In April 2018, Lake County Building and Land Use processed eight building permits. In April of this year, the department reviewed 38 building permits.

The nearly 500-percent increase in building-permit submittals is partly due to the 2018 merger of the city and county building departments. It is also due to an uptick in development in Lake County.

Building inspections, dwelling-unit and ancillary permits and subdivision applications are also up from last year. Three subdivisions: the Railyard at Leadville, Gateway Village and Westwoods, are all currently in the works for the city and county.

According to Building and Land Use Director Paul Clarkson, the city usually receives about half to two-thirds the amount of building permits as the county.

This year, building permits submitted within county and city limits are about equal. And due to second-floor apartment rehabilitation along Harrison Avenue and other projects, the city is currently outpacing the county for dwelling-unit permit submittals 28 to seven.

When Clarkson asked his three-person staff how they were keeping up with their workload earlier this month, they sardonically answered, “We’re not.” A backlog of permits, development review, and long-term projects including code modernization, affordable housing policy and water administration has caused delays at the department that no one likes to see.

“Our morale is still good but we have to admit that it [the workload] does get to be challenging,” Clarkson said. “We do try to get everyone pretty much what they want within the confines of the regulations but we are now finding that we don’t have as much time to understand and address everyone’s individual situation.”

Clarkson feels that his department must now be more bureaucratic; the office is no longer able to guide individuals through the permitting processes as it has been known to do in the past.

Though the director might need to add staff soon, he is hesitant to do so without knowing what 2020 will bring. “It’s a balancing act,” Clarkson told the Herald. “We don’t know if this is a trend or just a spike.”

Local contractors are also feeling the pressure.

Matt Bullock, of Bullock Construction, used to build one or two houses a year. This year, Bullock said he will build four or five new homes, in addition to a variety of remodel and accessory-dwelling- unit projects.

Bullock, who employs five people full-time, said he needs more employees and capable subcontractors in order to keep up with demand. Finding labor is difficult, Bullock noted, as many construction workers drive over the hill for higher wages.

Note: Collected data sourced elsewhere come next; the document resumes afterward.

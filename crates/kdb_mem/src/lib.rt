//! Memory as the debugger shows and changes it.
//!
//! - A *word* is 1, 2, 4 or 8 bytes, its *width*, at any address. Its value is little-endian.
//! - A *line* of memory is an address, the values of the words from there on, and the bytes as characters. It has 16
//!   bytes; the last line of a text may be shorter.
//! - A range is shown only where all of it is *mapped*: else it is refused with its first unmapped address.
//!
//! It stands on `mach_base`, whose trait `Peek` is how it sees memory, on the symbols (`sym_map`) and on the spelling of
//! instructions (`rv_asm`); the debugger's commands stand on it.
#![tactic(auto)]

mod change;
mod instruction_lines;
mod lines;
mod mem_fault;
mod range;
mod symbol_lines;
#[cfg(test)]
mod tests;

pub use change::modify;
pub use instruction_lines::insns;
pub use lines::{raw, show};
pub use mem_fault::MemFault;
pub use symbol_lines::syms;
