ghost use Rattle.std.specs.Prelude.{◌≡◌, ◌+◌, ◌*◌, ◌/◌, ◌%◌, ◌<◌, ◌≤◌, ◌^◌, ◌++◌, [], ◌∷◌, Err, OnOk, OnErr, IsOkUnless, MatchOption};
ghost use Rattle.kdb_mem.specs.declared.mem_fault.MemFault.TheVariants.{BadAddr, OutOfMemory};
ghost use Rattle.mach_base.specs.Bytes.{IsWidth};
ghost use Rattle.kdb_mem.specs.Range.{first_unmapped};
ghost use Rattle.kdb_mem.specs.Shown.{word_text, words_text, character, characters, line_text, whole_lines, short_line, show_text, byte_digits, raw_text};

use crate::MemFault;
use crate::range::{byte, check_mapped, word};
use mach_base::{Peek, push_address, push_bytes, push_hex, push_newline};

/// What a call that appends gives: memory may run out.
pub(crate) type Pushed = Result<(), mach_base::OutOfMemory>;

/// Appends `count` words of `width` bytes from `addr` on, 16 bytes on a line. BadAddr comes exactly where not all of
/// them are mapped. A refusal leaves `out` as it was.
pub fn show<P: Peek>(
    mem: &P,
    out: &mut Vec<u8>,
    addr: u64,
    width: u8,
    count: u32,
) -> Result<(), MemFault>
    requires { IsWidth width }
    ensures refused { MatchOption (first_unmapped (P.memory mem.now) addr (count * width)) (IsOkUnless result MemFault.OutOfMemory) (λ bad. result ≡ Err (MemFault.BadAddr bad)) }
    ensures ok { OnOk result (out.new.items ≡ out.old.items ++ show_text (P.memory mem.now) addr width count) }
    ensures err { OnErr result (out.new.items ≡ out.old.items) }
{
    check_mapped(mem, addr, u64::from(count) * u64::from(width))?;
    let mut text = Vec::new(*out.allocator());
    push_lines(mem, &mut text, addr, width, count)?;
    push_bytes(out, text.as_slice())?;
    Ok(())
}

/// Appends `count` bytes from `addr` on as two hexadecimal digits each, on one line. BadAddr comes exactly where not all
/// of them are mapped. A refusal leaves `out` as it was.
pub fn raw<P: Peek>(mem: &P, out: &mut Vec<u8>, addr: u64, count: u32) -> Result<(), MemFault>
    ensures refused { MatchOption (first_unmapped (P.memory mem.now) addr count) (IsOkUnless result MemFault.OutOfMemory) (λ bad. result ≡ Err (MemFault.BadAddr bad)) }
    ensures ok { OnOk result (out.new.items ≡ out.old.items ++ raw_text (P.memory mem.now) addr count) }
    ensures err { OnErr result (out.new.items ≡ out.old.items) }
{
    check_mapped(mem, addr, u64::from(count))?;
    let mut text = Vec::new(*out.allocator());
    push_byte_digits(mem, &mut text, addr, count)?;
    push_newline(&mut text)?;
    push_bytes(out, text.as_slice())?;
    Ok(())
}

fn push_byte_digits<P: Peek>(mem: &P, out: &mut Vec<u8>, addr: u64, count: u32) -> Pushed
    requires { 0 < count → addr < 2 ^ 63 }
    ensures { OnOk result (out.new.items ≡ out.old.items ++ byte_digits (P.memory mem.now) addr count) }
{
    for i in 0..count {
        push_hex(out, u64::from(byte(mem, addr + u64::from(i))), 2)?;
    }
    Ok(())
}

#[tactic(auto, using(crate::proofs::Ranges::some_to_divide, crate::proofs::Ranges::some_left), unfolding(crate::specs::Shown::show_text))]
fn push_lines<P: Peek>(mem: &P, out: &mut Vec<u8>, addr: u64, width: u8, count: u32) -> Pushed
    requires width { IsWidth width }
    requires low { 0 < count → addr < 2 ^ 63 }
    ensures { OnOk result (out.new.items ≡ out.old.items ++ show_text (P.memory mem.now) addr width count) }
{
    let per_line = words_per_line(width);
    let lines = count / u32::from(per_line);
    push_whole_lines(mem, out, addr, width, lines)?;
    push_short_line(
        mem,
        out,
        addr,
        width,
        lines,
        (count % u32::from(per_line)) as u8,
    )?;
    Ok(())
}

/// How many words a line of 16 bytes has.
fn words_per_line(width: u8) -> u8
    requires { IsWidth width }
    ensures value { result ≡ 16 / width }
    ensures some { 0 < result }
    ensures most { result ≤ 16 }
{
    match width {
        1 => 16,
        2 => 8,
        4 => 4,
        8 => 2,
        _ => unreachable!(),
    }
}

fn push_whole_lines<P: Peek>(mem: &P, out: &mut Vec<u8>, addr: u64, width: u8, lines: u32) -> Pushed
    requires width { IsWidth width }
    requires low { 0 < lines → addr < 2 ^ 63 }
    ensures { OnOk result (out.new.items ≡ out.old.items ++ whole_lines (P.memory mem.now) addr width lines) }
{
    let words = words_per_line(width);
    for line in 0..lines {
        push_line(mem, out, addr + 16 * u64::from(line), width, words)?;
    }
    Ok(())
}

/// Appends the line of the words that are left after so many lines, if there are any.
fn push_short_line<P: Peek>(
    mem: &P,
    out: &mut Vec<u8>,
    addr: u64,
    width: u8,
    lines: u32,
    words: u8,
) -> Pushed
    requires width { IsWidth width }
    requires words { words ≤ 16 }
    requires low { 0 < words → addr < 2 ^ 63 }
    ensures { OnOk result (out.new.items ≡ out.old.items ++ short_line (P.memory mem.now) (addr + 16 * lines) width words) }
{
    if words != 0 {
        push_line(mem, out, addr + 16 * u64::from(lines), width, words)?;
    }
    Ok(())
}

#[tactic(auto, unfolding(crate::specs::Shown::line_text))]
fn push_line<P: Peek>(mem: &P, out: &mut Vec<u8>, addr: u64, width: u8, words: u8) -> Pushed
    requires width { IsWidth width }
    requires words { words ≤ 16 }
    requires room { addr + 256 ≤ 2 ^ 64 }
    ensures { OnOk result (out.new.items ≡ out.old.items ++ line_text (P.memory mem.now) addr width words) }
{
    push_address(out, addr)?;
    push_words(mem, out, addr, width, words)?;
    push_bytes(out, b"  ")?;
    push_characters(mem, out, addr, words * width)?;
    push_newline(out)?;
    Ok(())
}

fn push_words<P: Peek>(mem: &P, out: &mut Vec<u8>, addr: u64, width: u8, words: u8) -> Pushed
    requires width { IsWidth width }
    requires words { words ≤ 16 }
    requires room { addr + 256 ≤ 2 ^ 64 }
    ensures { OnOk result (out.new.items ≡ out.old.items ++ words_text (P.memory mem.now) addr width words) }
{
    for i in 0..words {
        push_word(mem, out, addr + u64::from(i) * u64::from(width), width)?;
    }
    Ok(())
}

/// Appends a word, its value in two digits a byte, after a blank.
#[tactic(auto, unfolding(crate::specs::Shown::word_text))]
pub(crate) fn push_word<P: Peek>(mem: &P, out: &mut Vec<u8>, addr: u64, width: u8) -> Pushed
    requires width { IsWidth width }
    requires room { addr + 8 ≤ 2 ^ 64 }
    ensures { OnOk result (out.new.items ≡ out.old.items ++ word_text (P.memory mem.now) addr width) }
{
    push_bytes(out, b" ")?;
    push_hex(out, word(mem, addr, width), 2 * width)?;
    Ok(())
}

fn push_characters<P: Peek>(mem: &P, out: &mut Vec<u8>, addr: u64, count: u8) -> Pushed
    requires { addr + 256 ≤ 2 ^ 64 }
    ensures { OnOk result (out.new.items ≡ out.old.items ++ characters (P.memory mem.now) addr count) }
{
    for i in 0..count {
        out.push(character(byte(mem, addr + u64::from(i))))?;
    }
    Ok(())
}

/// The byte itself where it is printable ASCII, else a full stop.
fn character(byte: u8) -> u8
    ensures { result ≡ character byte }
{
    if 0x20 <= byte && byte <= 0x7e {
        byte
    } else {
        b'.'
    }
}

If local contractor Jack Saunders wanted to expand, he said he could easily do so. The county’s development pressure has instead led Saunders to become pickier when accepting project inquiries.

“I believe the future is solid for small contractors,”said Saunders, who primarily builds for second-home owners.

“Change is on the way,” Bullock said. “We are going from a bedroom community to a community of second-home owners.”

According to Economic Planning Systems’ housing-needs assessment, the average sale prices of homes in Lake County has risen $30,370, or about 12 percent, since 2015. Houses are flying off the market despite price increases.

“If priced correctly, houses under $300,000 are under contract within a few days to a week,” Centennial Real Estate owner Carol Glenn told the Herald.

Heather Lindh, of RE/MAX Aspen Leaf Realty, provided similar statistics and noted that the city and West Park have seen both the greatest price increases and sales in 2019.

Given Colorado’s continued growth, Lindh believes Leadville’s housing market will continue to grow, though at a more gradual pace than in recent years.

“My crystal ball broke a long time ago as to when a market slow-down will be,” Glenn joked.

“Development is now a new watchword for the region,” Clarkson told the Herald earlier this month. “Lake County hasn’t benefited, or suffered, from growth as some of our neighboring counties have.”

The good news? Now that development has arrived, Lake County can learn from the past mistakes and current development challenges facing surrounding counties before it's too late, Clarkson said.